### DIRECTIONS FOR THIS TASK
List every line in this data where the string "below" occurs.

(Data excerpts)

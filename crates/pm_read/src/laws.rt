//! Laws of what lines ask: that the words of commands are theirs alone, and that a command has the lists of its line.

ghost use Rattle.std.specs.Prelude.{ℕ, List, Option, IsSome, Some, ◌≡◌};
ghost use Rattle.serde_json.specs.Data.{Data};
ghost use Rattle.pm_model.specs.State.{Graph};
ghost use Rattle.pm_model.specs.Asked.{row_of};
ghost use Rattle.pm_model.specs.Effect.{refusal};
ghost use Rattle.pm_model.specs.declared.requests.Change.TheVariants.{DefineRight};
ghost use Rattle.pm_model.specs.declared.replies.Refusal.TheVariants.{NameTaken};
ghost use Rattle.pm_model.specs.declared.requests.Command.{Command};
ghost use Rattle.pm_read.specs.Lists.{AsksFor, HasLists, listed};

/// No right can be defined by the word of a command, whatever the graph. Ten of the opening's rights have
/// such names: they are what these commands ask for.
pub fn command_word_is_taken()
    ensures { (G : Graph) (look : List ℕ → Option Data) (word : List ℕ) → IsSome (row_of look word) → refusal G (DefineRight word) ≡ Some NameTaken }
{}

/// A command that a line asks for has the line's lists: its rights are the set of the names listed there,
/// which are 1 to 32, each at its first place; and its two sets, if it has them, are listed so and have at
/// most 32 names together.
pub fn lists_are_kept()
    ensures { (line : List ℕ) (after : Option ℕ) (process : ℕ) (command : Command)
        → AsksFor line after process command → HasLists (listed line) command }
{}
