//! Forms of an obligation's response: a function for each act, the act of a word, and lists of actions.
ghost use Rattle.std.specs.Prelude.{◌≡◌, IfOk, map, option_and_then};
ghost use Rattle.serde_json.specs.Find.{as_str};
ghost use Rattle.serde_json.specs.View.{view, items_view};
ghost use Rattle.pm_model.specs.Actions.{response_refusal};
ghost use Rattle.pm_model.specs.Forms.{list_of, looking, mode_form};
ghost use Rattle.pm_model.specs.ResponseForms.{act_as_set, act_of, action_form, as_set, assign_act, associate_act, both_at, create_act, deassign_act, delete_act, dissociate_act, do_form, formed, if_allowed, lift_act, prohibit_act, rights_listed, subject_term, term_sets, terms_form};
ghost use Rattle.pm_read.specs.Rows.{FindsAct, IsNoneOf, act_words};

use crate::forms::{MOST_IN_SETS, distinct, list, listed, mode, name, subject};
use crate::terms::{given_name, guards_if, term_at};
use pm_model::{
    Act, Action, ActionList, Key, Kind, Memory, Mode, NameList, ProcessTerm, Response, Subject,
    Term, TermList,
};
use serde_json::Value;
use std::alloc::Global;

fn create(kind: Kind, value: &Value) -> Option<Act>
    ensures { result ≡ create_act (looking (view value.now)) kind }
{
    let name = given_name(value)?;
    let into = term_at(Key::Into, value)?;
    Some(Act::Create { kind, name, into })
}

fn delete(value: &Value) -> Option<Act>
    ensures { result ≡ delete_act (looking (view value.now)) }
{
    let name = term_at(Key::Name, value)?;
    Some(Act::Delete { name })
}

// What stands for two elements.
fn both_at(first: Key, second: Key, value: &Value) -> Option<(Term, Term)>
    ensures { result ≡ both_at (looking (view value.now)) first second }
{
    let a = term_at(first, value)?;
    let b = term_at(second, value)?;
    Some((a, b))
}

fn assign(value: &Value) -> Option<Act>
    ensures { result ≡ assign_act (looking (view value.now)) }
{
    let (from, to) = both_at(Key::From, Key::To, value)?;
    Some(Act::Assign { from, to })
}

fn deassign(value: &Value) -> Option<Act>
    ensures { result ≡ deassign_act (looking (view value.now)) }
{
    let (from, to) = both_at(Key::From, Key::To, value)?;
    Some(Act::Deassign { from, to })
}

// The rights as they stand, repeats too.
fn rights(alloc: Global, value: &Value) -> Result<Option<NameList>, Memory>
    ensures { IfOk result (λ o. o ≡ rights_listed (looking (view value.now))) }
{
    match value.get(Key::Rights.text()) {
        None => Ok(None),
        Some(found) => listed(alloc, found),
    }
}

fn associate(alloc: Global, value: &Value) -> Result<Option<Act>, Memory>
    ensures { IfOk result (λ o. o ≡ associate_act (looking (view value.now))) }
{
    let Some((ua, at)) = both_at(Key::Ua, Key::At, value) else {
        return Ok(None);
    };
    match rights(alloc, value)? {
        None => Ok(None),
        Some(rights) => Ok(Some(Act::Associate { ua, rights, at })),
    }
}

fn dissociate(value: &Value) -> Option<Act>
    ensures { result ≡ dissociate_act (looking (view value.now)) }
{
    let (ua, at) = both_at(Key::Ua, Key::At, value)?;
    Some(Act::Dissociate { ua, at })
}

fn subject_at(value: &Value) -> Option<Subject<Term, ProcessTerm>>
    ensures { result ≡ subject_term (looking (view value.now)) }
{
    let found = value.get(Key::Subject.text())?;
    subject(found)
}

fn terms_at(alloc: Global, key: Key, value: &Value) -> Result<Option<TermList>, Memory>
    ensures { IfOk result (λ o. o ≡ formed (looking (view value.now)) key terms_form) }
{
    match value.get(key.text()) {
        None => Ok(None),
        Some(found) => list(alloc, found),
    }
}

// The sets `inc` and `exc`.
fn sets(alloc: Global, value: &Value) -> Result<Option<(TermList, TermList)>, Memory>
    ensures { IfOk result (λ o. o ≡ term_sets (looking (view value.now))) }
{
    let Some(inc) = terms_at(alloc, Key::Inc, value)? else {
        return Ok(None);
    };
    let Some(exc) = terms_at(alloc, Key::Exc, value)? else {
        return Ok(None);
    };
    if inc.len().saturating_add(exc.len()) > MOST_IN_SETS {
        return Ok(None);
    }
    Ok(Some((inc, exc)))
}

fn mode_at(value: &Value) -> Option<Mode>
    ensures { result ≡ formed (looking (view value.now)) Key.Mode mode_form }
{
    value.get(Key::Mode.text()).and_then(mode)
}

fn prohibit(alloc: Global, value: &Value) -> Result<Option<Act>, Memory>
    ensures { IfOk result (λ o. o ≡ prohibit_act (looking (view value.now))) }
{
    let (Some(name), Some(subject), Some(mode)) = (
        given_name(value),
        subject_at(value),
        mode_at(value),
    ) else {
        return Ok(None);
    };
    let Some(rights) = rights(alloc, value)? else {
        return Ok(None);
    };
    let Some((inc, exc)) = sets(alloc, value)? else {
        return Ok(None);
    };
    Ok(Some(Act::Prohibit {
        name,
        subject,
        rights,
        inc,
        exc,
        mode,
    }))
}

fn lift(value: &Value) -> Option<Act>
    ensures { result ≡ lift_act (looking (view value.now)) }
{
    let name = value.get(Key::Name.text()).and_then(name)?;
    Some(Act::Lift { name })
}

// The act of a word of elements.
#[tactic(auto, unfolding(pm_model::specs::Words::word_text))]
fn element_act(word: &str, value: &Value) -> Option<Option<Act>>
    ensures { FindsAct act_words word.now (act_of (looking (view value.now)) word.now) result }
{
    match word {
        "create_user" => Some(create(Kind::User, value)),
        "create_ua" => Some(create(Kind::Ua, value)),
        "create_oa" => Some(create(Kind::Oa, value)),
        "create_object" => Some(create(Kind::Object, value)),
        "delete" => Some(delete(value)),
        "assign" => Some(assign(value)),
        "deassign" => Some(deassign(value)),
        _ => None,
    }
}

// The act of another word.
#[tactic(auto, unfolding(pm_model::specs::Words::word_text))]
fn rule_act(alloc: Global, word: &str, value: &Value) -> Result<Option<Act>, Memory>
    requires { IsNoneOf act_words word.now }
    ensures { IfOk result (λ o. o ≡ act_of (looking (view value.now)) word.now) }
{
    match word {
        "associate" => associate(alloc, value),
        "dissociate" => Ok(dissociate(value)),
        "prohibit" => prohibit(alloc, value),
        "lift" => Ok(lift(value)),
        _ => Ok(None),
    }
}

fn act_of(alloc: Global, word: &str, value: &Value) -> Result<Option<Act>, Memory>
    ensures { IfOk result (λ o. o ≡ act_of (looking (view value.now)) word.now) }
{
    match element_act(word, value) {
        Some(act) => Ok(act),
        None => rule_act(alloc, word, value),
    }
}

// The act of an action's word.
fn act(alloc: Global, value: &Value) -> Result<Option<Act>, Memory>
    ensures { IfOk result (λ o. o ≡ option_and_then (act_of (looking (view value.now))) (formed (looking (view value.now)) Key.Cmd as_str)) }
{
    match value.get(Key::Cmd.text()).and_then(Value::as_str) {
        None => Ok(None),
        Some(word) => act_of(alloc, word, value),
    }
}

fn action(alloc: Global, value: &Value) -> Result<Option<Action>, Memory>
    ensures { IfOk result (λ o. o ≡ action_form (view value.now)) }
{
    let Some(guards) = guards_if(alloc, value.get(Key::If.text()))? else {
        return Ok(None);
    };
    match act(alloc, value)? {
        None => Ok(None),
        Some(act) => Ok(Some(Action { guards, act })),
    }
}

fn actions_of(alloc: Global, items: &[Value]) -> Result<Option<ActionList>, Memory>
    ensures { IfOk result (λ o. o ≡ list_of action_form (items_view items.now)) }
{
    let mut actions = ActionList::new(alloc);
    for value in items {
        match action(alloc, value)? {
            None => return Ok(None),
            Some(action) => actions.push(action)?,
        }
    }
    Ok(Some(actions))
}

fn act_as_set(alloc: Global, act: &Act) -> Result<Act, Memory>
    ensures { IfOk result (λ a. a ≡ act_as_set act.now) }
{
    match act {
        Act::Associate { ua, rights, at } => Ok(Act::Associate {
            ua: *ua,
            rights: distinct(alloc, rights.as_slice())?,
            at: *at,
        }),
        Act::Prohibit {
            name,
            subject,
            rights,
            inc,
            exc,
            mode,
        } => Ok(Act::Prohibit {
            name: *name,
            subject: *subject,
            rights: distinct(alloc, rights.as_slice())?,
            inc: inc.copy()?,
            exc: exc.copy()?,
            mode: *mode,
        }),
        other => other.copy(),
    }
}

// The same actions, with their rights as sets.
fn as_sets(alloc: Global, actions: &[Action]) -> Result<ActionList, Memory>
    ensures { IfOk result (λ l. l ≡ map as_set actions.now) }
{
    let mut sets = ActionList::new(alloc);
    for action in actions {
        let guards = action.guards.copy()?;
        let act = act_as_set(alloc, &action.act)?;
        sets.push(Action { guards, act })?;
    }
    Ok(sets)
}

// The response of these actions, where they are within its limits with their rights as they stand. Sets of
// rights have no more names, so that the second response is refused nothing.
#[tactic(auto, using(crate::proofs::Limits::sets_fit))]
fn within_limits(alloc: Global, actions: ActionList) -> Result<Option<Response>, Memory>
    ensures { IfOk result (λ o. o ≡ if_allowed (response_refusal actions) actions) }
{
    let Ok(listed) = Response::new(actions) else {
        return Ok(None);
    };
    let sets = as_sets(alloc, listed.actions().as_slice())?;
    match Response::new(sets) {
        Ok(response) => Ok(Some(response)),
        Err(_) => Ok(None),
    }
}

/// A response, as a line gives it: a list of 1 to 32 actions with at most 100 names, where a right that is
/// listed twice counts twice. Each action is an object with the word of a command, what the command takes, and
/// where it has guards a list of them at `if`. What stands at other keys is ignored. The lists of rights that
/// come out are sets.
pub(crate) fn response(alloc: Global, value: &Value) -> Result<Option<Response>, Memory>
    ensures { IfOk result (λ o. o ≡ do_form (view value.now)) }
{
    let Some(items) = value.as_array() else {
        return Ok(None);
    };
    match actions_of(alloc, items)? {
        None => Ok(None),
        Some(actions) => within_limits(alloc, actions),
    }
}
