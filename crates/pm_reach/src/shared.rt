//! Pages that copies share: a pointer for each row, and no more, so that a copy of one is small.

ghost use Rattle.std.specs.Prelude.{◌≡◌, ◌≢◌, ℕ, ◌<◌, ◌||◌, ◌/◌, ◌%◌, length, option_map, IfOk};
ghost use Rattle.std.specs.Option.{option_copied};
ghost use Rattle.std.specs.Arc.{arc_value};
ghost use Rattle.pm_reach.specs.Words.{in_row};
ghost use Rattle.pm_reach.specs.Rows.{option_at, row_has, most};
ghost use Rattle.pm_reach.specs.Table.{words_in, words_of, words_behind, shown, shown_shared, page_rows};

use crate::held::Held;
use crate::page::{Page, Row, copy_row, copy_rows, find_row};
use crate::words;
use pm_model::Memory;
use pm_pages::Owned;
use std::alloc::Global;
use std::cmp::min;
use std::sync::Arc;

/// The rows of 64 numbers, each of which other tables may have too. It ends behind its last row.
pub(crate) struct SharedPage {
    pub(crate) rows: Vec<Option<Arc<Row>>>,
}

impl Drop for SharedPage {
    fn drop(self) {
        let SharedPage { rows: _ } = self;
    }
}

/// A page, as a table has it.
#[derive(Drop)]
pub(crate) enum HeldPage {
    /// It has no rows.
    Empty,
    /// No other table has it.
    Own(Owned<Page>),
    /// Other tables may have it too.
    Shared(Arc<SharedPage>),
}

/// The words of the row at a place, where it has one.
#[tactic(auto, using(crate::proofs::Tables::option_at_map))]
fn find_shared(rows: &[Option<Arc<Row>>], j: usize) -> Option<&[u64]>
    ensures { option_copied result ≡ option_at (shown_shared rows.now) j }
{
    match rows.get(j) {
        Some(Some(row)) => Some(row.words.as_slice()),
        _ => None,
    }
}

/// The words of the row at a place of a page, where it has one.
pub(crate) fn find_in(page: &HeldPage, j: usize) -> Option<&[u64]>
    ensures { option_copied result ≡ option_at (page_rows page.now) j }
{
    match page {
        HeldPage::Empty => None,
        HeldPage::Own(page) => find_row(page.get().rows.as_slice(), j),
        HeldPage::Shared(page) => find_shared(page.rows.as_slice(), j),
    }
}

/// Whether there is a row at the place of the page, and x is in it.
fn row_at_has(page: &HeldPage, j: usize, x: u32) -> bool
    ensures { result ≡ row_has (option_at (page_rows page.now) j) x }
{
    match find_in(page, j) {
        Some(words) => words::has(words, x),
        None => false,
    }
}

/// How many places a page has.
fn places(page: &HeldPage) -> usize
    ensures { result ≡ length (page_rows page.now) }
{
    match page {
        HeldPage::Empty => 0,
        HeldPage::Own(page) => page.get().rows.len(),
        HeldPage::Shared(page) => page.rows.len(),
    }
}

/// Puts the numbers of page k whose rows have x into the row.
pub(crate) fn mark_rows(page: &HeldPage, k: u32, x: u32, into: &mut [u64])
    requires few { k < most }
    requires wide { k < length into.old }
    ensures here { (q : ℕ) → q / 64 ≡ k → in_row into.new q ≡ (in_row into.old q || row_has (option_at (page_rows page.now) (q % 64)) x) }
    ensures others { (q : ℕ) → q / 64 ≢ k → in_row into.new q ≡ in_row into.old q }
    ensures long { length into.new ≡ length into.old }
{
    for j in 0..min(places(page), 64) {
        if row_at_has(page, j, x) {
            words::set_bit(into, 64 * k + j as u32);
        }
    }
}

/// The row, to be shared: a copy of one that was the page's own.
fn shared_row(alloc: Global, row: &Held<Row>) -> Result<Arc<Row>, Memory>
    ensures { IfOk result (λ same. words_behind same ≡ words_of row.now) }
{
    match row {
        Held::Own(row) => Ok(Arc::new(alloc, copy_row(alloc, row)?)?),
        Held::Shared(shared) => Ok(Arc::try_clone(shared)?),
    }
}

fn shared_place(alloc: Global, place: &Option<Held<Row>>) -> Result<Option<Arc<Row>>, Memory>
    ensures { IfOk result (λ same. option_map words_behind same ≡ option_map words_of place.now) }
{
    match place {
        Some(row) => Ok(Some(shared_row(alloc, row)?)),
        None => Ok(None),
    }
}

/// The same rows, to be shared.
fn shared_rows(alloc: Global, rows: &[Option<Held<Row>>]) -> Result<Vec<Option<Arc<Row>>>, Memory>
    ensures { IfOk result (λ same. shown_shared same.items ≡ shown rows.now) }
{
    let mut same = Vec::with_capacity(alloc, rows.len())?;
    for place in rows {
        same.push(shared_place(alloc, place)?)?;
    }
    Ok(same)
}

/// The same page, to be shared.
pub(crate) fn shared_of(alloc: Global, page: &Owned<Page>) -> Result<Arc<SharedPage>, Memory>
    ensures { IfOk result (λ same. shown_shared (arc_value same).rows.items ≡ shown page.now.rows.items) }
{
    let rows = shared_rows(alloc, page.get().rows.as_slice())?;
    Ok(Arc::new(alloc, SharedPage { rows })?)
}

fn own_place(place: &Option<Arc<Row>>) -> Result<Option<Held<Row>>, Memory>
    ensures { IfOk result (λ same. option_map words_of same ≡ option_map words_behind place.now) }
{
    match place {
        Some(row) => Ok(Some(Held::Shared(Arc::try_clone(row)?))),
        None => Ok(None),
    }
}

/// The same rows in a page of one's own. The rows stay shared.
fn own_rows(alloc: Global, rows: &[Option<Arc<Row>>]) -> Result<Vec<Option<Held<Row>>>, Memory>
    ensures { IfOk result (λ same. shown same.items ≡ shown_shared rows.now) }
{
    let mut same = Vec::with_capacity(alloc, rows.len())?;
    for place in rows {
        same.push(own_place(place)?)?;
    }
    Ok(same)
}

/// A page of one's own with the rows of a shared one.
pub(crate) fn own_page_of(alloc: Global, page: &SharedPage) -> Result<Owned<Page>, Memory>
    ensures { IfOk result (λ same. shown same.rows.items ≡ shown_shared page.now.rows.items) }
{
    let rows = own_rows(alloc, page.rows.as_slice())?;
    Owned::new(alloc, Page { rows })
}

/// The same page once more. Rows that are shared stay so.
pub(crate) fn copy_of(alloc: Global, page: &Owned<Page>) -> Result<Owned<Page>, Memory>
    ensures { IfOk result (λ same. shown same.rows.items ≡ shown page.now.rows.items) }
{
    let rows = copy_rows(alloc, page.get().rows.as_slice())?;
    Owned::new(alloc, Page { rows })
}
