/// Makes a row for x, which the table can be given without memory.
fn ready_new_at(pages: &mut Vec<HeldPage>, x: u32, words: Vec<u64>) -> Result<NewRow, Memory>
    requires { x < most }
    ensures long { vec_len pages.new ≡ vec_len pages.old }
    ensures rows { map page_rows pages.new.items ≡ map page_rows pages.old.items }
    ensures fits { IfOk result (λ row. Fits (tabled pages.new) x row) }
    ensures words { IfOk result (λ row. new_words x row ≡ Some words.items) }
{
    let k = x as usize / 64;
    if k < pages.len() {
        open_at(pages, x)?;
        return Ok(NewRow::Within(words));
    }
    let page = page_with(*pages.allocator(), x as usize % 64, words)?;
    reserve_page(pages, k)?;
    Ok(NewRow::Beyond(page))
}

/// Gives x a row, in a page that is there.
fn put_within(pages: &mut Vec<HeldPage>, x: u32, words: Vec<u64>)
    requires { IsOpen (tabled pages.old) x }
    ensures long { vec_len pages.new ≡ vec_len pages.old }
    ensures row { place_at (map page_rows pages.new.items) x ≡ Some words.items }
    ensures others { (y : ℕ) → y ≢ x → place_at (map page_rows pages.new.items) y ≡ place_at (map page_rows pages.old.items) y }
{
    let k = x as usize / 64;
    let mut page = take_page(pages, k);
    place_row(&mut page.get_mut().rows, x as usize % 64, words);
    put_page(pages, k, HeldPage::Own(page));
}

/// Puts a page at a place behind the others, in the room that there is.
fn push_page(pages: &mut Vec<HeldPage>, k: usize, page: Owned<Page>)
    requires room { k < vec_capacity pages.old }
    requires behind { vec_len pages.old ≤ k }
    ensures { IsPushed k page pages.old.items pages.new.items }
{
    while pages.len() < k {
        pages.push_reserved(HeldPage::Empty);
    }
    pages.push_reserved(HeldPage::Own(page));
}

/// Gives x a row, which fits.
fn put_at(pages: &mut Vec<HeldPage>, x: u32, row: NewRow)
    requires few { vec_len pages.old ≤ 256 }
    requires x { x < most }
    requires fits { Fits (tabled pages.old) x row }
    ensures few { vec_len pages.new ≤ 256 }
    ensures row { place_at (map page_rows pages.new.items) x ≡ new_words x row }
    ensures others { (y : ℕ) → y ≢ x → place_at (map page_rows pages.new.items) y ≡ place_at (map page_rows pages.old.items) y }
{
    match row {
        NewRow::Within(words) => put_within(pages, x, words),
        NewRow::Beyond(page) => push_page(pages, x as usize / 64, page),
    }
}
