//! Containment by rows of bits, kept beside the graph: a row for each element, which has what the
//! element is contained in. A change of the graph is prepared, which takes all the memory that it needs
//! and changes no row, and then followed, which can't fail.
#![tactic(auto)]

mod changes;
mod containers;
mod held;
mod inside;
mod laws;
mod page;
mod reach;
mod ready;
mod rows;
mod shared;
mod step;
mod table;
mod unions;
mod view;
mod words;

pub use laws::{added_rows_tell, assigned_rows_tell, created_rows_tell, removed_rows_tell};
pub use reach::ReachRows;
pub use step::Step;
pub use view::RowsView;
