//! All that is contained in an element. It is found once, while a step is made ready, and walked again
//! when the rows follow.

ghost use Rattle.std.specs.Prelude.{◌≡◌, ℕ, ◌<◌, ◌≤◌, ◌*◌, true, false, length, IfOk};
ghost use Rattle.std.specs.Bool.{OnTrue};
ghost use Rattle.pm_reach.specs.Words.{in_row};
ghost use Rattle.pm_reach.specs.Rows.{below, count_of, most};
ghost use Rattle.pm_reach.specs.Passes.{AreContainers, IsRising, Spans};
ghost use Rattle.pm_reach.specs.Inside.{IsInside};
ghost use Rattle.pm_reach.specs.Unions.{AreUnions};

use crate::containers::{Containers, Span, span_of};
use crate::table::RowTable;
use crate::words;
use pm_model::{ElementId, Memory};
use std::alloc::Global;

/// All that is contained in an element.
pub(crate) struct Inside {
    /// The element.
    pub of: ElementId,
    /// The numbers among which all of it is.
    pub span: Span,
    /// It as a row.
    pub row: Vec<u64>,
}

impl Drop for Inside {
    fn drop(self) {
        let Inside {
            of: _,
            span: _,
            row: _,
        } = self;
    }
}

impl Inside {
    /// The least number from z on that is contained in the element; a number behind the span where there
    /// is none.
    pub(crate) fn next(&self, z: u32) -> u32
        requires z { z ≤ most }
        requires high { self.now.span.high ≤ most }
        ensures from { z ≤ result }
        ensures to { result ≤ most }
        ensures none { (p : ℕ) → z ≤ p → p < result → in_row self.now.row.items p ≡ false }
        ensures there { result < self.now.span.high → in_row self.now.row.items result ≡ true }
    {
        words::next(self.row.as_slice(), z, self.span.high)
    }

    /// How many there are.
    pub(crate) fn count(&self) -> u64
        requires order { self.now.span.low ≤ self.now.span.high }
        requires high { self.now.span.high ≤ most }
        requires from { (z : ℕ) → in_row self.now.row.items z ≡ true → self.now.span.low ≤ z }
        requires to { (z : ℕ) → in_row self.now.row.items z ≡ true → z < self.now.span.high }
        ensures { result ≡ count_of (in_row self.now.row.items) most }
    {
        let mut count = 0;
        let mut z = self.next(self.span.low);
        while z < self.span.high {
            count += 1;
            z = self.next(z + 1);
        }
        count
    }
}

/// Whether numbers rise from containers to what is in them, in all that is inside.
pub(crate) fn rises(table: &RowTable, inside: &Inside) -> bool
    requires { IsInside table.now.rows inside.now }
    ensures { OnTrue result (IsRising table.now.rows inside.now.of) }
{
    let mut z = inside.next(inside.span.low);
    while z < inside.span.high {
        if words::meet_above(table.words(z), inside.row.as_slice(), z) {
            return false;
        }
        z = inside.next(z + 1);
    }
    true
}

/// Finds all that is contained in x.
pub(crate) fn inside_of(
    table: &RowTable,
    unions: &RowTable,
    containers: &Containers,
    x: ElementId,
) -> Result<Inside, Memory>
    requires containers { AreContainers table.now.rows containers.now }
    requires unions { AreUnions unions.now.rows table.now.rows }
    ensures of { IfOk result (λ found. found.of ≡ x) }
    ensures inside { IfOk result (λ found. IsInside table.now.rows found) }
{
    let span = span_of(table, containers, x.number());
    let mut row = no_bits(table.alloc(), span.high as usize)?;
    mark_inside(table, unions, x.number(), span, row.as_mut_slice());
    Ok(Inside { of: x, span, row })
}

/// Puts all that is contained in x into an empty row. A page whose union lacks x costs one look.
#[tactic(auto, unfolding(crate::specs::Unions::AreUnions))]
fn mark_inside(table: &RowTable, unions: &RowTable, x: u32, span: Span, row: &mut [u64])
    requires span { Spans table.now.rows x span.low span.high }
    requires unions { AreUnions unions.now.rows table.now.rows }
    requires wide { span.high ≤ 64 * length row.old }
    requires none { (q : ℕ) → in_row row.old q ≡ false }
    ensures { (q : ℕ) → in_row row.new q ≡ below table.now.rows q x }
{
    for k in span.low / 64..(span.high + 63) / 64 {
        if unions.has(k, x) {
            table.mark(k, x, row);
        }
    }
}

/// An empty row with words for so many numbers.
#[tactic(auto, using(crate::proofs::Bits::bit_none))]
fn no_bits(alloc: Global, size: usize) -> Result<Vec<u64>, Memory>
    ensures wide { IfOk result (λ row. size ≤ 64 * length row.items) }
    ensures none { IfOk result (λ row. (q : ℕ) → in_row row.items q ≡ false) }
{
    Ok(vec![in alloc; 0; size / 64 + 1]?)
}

### RESPONSE FOR THIS EXERCISE
ghost use Rattle.pm_reach.specs.Rows.{below, count_of, most};
    ensures { (q : ℕ) → in_row row.new q ≡ below table.now.rows q x }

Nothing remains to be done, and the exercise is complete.